End of life care

PREPARING TO SAY GOODBYE IS THE HARDEST PART  

Sometimes it is difficult to know how one's pet is really feeling. They cannot tell us if they are in pain so it's our responsibility to look for signs of any changes that suggest that their quality of life is deteriorating.

You may notice your pet has become particularly withdrawn or quiet and does not want any physical contact or to go out. They may have stopped eating or drinking, and their toilet habits may have changed. An injury or illness may be affecting their wellbeing.

If you have any concerns please do speak to us and we will try to help guide you on the right time for making a decision about euthanasia. It is a very personal decision and it is always a good idea to talk it over with family and close friends.

PREPARING FOR EUTHANASIA OF YOUR PET

 You may want to think about where you would prefer the euthanasia to take place.
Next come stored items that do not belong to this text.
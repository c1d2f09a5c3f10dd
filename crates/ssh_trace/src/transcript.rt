//! The lines of a transcript, one for each thing that an end did.

use crate::history::{Done, Item};
use ssh_message::name;
use ssh_types::Side;
use std::alloc::AllocError;

/// Writes the lines of these items.
pub(crate) fn write_items(items: &[Done], text: &mut String) -> Result<(), AllocError> {
    for done in items {
        write!(text, "{} ", letter_of(done.side))?;
        write_item(&done.item, text)?;
    }
    Ok(())
}

fn letter_of(side: Side) -> char {
    match side {
        Side::Client => 'c',
        Side::Server => 's',
    }
}

fn write_item(item: &Item, text: &mut String) -> Result<(), AllocError> {
    match item {
        Item::Asked => writeln!(text, "asked raw"),
        Item::AskRefused(refusal) => {
            let (number, name) = (refusal.number(), refusal.name());
            writeln!(text, "ask refused {number} {name}")
        }
        Item::Took(payload) => write_message("took", payload.as_slice(), text),
        Item::Sent(payload) => write_message("sent", payload.as_slice(), text),
        Item::Refused(refusal) => {
            let (number, name) = (refusal.number(), refusal.name());
            writeln!(text, "refused {number} {name}")
        }
        Item::Died => writeln!(text, "died"),
    }
}

// A payload is told by its first byte, the message's number, and its length.
fn write_message(verb: &str, payload: &[u8], text: &mut String) -> Result<(), AllocError> {
    let number = payload.first().copied().unwrap_or(0);
    let (name, length) = (name(number), payload.len());
    writeln!(text, "{verb} {number} {name} {length}")
}
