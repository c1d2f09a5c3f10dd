use crate::answer::{Answer, finish};
use crate::epoch_player::watch_epoch;
use crate::play::text_of;
use crate::status::Status;
use ssh_play::watch;
use ssh_script::{Script, ScriptFault};
use std::alloc::Global;
use std::io::{Read, Write};

/// Plays a script and draws the run to `out`, as an SVG of at most 860 by 1,400 pixels: the messages as arrows, what the
/// network did to them, what users asked and were told, and which end refused what. It is called `name`.
///
/// The status is that of `play_to`, and so are the faults.
pub fn draw_to<R: Read, W: Write, E: Write>(
    alloc: Global,
    name: &str,
    script: &mut R,
    out: &mut W,
    err: &mut E,
) -> Status {
    finish(drawn(alloc, name, script), out, err)
}

fn drawn<R: Read>(alloc: Global, name: &str, script: &mut R) -> Result<Answer, ScriptFault> {
    let text = text_of(alloc, script)?;
    let drawing = match Script::read(alloc, text.as_slice())? {
        Script::Epoch(script) => watch_epoch(alloc, &script)?,
        Script::Session(script) => watch(alloc, &script)?,
    };
    let status = if drawing.has_refusal() {
        Status::Refused
    } else {
        Status::Done
    };
    Ok(Answer {
        text: drawing.finish(name)?,
        status,
    })
}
It may be at the surgery at an arranged time, or you may prefer it to take place at home and we will try and accommodate you if this is your wish.

We will ask you to sign a form giving your permission for the euthanasia to take place and it will always be a vet that performs the procedure. A nurse is usually needed to assist the vet.

Usually we will give your pet a sedative to help them relax. This normally takes between 5 to 15 minutes to work. We have found this to be beneficial in most cases as it means your pet is dozing prior to their final injection and therefore does not worry. A small patch of fur is then shaved, usually from the front leg, and an injection gently administered into the vein. This is a high dose of anaesthetic.

As the injection is given your pet will lose consciousness within seconds. Their breathing and their heart will stop. Sometimes, especially if your pet is very old or frail, or if they have had a sedative it can be difficult for the vet to find a vein. Occasionally it is necessary to inject into another area of the body.

  WHAT HAPPENS NEXT

Before or after euthanasia you may want to consider having a small keepsake of your pet such as their collar or name tag, a paw print, or a small tuft of their fur.

You may want to take your pet home to bury in the garden or use a pet cemetery - the choice is yours. Many people prefer cremation and we can organise this for you. Pets can be cremated individually or communally with others. We arrange for individual cremation if you would like to receive your pet's ashes back. They will be returned to you either in a casket or china urn, whichever is your preference. Many people like to scatter the ashes in their pet's favourite outdoor spot. A communal cremation means that you will not be able to have your pet's ashes returned.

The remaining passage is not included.